Publication year - 2016
Publication title -
european journal of pain
Language(s) - English
Resource type - Journals
SCImago Journal Rank - 1.305
H-Index - 109
eISSN - 1532-2149
pISSN - 1090-3801
DOI - 10.1002/ejp.766
Subject(s) - medicine , randomized controlled trial , gabapentin , placebo , montelukast , cochrane library , asthma , alternative medicine , pathology
Abstract Background and objective Many treatment modalities are used for itch treatment in daily medical practices without adequate evidence of their efficacy. The purpose of this study was to provide an evidence‐based review of the literature as to the clinical benefits of systemic anti‐itch treatments. Databases and data treatment We performed a systematic review and, when appropriate, meta‐analysis from available placebo‐controlled randomized controlled trails ( RCT s).
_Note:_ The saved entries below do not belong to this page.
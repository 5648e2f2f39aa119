// The components of a network in linear time, in lent work memory: every zone's name, and the names of all components
// in topological order. The crate `finishing` has the first pass, which finds a finishing order along the arcs; `roots`
// the second, which goes against the arcs from the last zone that ended on; `naming` finds each component's lowest
// zone, and lists these zones.
#![tactic(auto)]

ghost use Rattle.std.specs.Prelude.{List, ℕ};
ghost use Rattle.rules.specs.Network.{network_of};
ghost use Rattle.rules.specs.Calls.{arcs_of};
ghost use Rattle.components.specs.Components.{Lent, Components};

use workmap::{Map, SearchAt};

// Names every zone and lists the names of all components. Answers how many components there are. The arcs are
// arranged in the work memory both ways, where the map says, and so do the names stand then.
pub fn name_all(work: &mut [u16], m: Map) -> usize
    requires { (ts : List ℕ) × ((hs : List ℕ) × Lent work.old m ts hs) }
    ensures { (ts hs : List ℕ) → Lent work.old m ts hs
        → Components work.old work.new m (network_of m.zones (arcs_of ts hs)) result }
{
    let to = m.names;
    let at = SearchAt {
        marks: to.roots,
        queue: to.queue,
    };
    finishing::finish(work, m.rows, m.order);
    roots::collect(work, m.turned, m.order, at);
    naming::name_zones(work, m.zones, to);
    naming::list_names(work, m.zones, to)
}
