//! Marked graphs: transitions, edges with tokens, walks, firing counts and ratios.
#![tactic(auto)]

mod graph;
mod pairing;
mod union_find;
mod walks;

pub use graph::{Edge, Graph};
pub use pairing::is_paired;
pub use union_find::components;
pub use walks::{is_closed_walk, is_walk, walk_start};
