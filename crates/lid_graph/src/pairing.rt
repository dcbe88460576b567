//! Whether a graph is paired.

ghost use Rattle.std.specs.Prelude.{◌≡◌, ℕ, ◌<◌, ◌↔◌, length, IsTrue};
ghost use Rattle.lid_graph.specs.Walks.{edge_at, HasEdge, HasSelfEdge, AreEndsPaired, IsPaired};

use crate::graph::{Edge, Graph};

/// How many edges there are.
fn edge_count(graph: &Graph) -> usize
    ensures { result ≡ length graph.now.edges }
{
    graph.edges.len()
}

/// The edge with this number.
fn edge_at(graph: &Graph, k: usize) -> Edge
    requires { k < length graph.now.edges }
    ensures { result ≡ edge_at graph.now k }
{
    graph.edges.as_slice()[k]
}

/// Whether there is an edge with these ends.
fn has_edge(graph: &Graph, u: u32, v: u32) -> bool
    ensures { IsTrue result ↔ HasEdge graph.now u v }
{
    for k in 0..edge_count(graph) {
        let edge = edge_at(graph, k);
        if edge.from == u && edge.to == v {
            return true;
        }
    }
    false
}

/// Whether there is an edge from the transition to itself with one token.
fn has_self_edge(graph: &Graph, v: u32) -> bool
    ensures { IsTrue result ↔ HasSelfEdge graph.now v }
{
    for k in 0..edge_count(graph) {
        let edge = edge_at(graph, k);
        if edge.from == v && edge.to == v && edge.tokens == 1 {
            return true;
        }
    }
    false
}

/// Whether the ends of an edge are transitions, and there is an edge back.
fn are_ends_paired(graph: &Graph, k: usize) -> bool
    requires { k < length graph.now.edges }
    ensures { IsTrue result ↔ AreEndsPaired graph.now k }
{
    let edge = edge_at(graph, k);
    edge.from < graph.nodes && edge.to < graph.nodes && has_edge(graph, edge.to, edge.from)
}

/// Whether the ends of all edges are paired.
fn are_edges_paired(graph: &Graph) -> bool
    ensures { IsTrue result ↔ ((k : ℕ) → k < length graph.now.edges → AreEndsPaired graph.now k) }
{
    for k in 0..edge_count(graph) {
        if !are_ends_paired(graph, k) {
            return false;
        }
    }
    true
}

/// Whether each transition has a self edge with one token.
fn have_self_edges(graph: &Graph) -> bool
    ensures { IsTrue result ↔ ((v : ℕ) → v < graph.now.nodes → HasSelfEdge graph.now v) }
{
    for v in 0..graph.nodes {
        if !has_self_edge(graph, v) {
            return false;
        }
    }
    true
}

/// Whether a graph is paired: all ends of edges are transitions, each transition has a self edge with
/// one token, and each edge has one back. It compares each edge with all others, so it is for small
/// graphs.
pub fn is_paired(graph: &Graph) -> bool
    ensures { IsTrue result ↔ IsPaired graph.now }
{
    if !are_edges_paired(graph) {
        return false;
    }
    have_self_edges(graph)
}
A systematic search of the literature was performed using Pub Med, Cochrane Library and EMBASE . The primary outcome was the change in the itch score comparing the intervention group and placebo group. The meta‐analysis method was used to calculate the pooled outcome of each treatment modality. Results Twenty‐six eligible RCT s were included. We found evidence for the effectiveness of: naltrexone (in cholestatic itch and atopic eczema), nalfurafine (in uraemic itch), gabapentin (in uraemic itch) and ursodeoxycholic acid (in intrahepatic cholestasis of pregnancy). The results of two RCT s with naltrexone in uremic itch are conflicting. On the other hand, we did not find any benefit from ondansetron (in cholestatic and uraemic itch), ergocalciferol (in uraemic itch), colesevelam (in cholestatic itch) or gabapentin (in cholestatic itch). The possible effectiveness of sertraline, paroxetine, cromolyn sodium, zinc sulphate, omega‐3 fatty acid, montelukast, doxepin and rifampin need to be confirmed from future large studies, because the available evidence is insufficient. Conclusions The findings from this study suggest the effective therapeutic approaches for itch. The major limitations are that there are small numbers of available RCT s and methodological differences across studies.